> **Data for this exercise**:

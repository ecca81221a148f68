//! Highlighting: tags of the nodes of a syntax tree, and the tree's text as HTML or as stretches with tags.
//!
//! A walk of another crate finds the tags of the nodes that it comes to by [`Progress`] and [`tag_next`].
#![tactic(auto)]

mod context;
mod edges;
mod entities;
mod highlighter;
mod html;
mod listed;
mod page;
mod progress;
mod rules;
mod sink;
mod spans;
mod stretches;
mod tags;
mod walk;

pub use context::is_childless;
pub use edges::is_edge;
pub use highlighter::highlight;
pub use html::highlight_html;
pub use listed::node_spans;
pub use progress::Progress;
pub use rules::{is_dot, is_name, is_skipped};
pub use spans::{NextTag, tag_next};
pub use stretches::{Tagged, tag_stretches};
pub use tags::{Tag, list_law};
* * *
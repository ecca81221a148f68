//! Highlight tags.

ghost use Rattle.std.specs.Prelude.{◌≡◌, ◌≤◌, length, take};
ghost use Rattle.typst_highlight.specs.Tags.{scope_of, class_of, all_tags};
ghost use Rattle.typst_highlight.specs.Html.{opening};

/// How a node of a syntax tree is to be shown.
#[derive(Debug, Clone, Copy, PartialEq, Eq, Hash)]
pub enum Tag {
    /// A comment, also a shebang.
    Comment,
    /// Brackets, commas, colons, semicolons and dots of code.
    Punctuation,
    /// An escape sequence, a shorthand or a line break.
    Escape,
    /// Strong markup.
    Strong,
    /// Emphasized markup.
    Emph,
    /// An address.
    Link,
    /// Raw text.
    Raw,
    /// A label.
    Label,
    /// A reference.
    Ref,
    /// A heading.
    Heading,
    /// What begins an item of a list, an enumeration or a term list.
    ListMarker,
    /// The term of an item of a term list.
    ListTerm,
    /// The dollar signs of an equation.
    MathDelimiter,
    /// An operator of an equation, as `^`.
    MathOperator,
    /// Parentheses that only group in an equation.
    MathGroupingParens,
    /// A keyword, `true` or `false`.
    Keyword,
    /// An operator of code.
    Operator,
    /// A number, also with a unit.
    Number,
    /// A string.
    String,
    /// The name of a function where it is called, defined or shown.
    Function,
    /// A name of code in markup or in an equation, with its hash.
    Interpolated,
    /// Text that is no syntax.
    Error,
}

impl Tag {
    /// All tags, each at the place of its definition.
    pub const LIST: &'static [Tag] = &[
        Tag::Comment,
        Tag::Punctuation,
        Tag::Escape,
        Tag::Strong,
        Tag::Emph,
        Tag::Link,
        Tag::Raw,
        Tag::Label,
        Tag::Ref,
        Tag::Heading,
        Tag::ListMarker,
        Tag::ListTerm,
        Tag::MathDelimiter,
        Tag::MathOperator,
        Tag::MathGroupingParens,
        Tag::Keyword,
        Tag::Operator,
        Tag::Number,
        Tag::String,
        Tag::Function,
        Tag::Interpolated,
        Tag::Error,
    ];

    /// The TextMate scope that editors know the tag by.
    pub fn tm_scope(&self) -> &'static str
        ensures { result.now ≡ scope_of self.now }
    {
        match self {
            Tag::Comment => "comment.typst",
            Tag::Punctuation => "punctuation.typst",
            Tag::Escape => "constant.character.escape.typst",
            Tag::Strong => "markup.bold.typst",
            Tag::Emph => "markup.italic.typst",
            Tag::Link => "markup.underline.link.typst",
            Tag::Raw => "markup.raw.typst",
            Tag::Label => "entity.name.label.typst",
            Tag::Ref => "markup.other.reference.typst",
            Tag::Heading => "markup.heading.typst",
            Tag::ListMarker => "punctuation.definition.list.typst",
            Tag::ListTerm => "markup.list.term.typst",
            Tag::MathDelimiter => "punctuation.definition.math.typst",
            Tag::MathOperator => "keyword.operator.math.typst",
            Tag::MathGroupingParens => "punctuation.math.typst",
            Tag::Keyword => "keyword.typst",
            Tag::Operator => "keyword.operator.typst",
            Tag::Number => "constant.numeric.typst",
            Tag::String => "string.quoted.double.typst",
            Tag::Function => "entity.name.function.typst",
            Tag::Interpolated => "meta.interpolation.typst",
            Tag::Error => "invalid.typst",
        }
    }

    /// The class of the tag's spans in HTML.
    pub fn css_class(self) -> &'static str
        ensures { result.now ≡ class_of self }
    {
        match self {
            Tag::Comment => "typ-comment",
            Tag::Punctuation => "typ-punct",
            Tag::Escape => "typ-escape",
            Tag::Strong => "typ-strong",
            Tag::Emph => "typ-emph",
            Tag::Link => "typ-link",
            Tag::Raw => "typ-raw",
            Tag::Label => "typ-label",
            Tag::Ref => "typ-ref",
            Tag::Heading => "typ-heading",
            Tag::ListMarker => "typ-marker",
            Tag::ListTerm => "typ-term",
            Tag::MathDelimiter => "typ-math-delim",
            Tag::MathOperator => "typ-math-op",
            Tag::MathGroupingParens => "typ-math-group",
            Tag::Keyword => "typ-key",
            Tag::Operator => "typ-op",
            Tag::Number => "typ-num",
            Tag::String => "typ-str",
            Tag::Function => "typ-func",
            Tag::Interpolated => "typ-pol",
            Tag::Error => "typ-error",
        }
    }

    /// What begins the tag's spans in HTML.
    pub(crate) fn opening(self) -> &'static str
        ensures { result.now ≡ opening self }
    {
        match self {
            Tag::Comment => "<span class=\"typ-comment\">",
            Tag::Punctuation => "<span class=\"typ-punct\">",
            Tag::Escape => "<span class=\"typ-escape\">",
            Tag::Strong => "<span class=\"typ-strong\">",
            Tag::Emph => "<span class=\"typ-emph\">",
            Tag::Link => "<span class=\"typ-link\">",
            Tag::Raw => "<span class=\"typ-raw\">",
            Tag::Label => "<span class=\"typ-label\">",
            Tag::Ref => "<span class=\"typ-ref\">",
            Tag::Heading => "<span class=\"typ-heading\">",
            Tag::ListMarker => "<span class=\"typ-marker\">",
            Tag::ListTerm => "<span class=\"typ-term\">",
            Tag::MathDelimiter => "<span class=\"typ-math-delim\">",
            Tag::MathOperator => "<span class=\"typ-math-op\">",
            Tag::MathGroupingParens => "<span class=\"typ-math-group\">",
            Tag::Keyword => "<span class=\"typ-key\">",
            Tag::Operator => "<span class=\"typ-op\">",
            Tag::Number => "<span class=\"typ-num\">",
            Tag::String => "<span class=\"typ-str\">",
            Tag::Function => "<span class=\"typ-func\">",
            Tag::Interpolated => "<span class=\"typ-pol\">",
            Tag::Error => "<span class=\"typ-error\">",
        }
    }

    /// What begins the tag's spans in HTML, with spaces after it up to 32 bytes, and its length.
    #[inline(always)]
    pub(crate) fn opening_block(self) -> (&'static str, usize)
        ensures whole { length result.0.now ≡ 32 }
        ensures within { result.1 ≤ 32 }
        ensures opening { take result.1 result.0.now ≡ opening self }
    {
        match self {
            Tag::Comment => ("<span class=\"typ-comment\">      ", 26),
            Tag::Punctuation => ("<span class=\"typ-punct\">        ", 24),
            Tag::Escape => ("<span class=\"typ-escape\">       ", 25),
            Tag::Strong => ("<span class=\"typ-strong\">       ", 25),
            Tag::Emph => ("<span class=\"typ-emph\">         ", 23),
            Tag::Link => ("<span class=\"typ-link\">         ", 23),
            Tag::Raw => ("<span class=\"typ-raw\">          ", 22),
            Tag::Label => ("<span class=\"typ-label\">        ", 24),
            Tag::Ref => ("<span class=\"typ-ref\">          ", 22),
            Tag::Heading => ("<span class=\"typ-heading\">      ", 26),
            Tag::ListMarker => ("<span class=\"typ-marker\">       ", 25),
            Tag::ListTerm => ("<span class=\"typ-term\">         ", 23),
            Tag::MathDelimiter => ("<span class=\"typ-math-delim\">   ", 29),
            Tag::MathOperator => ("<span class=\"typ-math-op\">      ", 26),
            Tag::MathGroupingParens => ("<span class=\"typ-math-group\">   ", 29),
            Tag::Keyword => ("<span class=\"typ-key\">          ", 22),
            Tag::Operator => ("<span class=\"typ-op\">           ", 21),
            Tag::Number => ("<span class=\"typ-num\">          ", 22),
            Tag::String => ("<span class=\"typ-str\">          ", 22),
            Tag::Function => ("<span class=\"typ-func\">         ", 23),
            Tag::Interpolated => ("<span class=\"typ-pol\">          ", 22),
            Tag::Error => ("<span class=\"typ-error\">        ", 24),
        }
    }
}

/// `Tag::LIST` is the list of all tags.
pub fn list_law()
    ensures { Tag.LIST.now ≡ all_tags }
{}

> **Aim of the task**: Your task is to find each line in the entries that contains the string "ListTerm" and copy it.

> **Answer to this problem**:
    ListTerm,
        Tag::ListTerm,
            Tag::ListTerm => "markup.list.term.typst",
            Tag::ListTerm => "typ-term",
            Tag::ListTerm => "<span class=\"typ-term\">",
            Tag::ListTerm => ("<span class=\"typ-term\">         ", 23),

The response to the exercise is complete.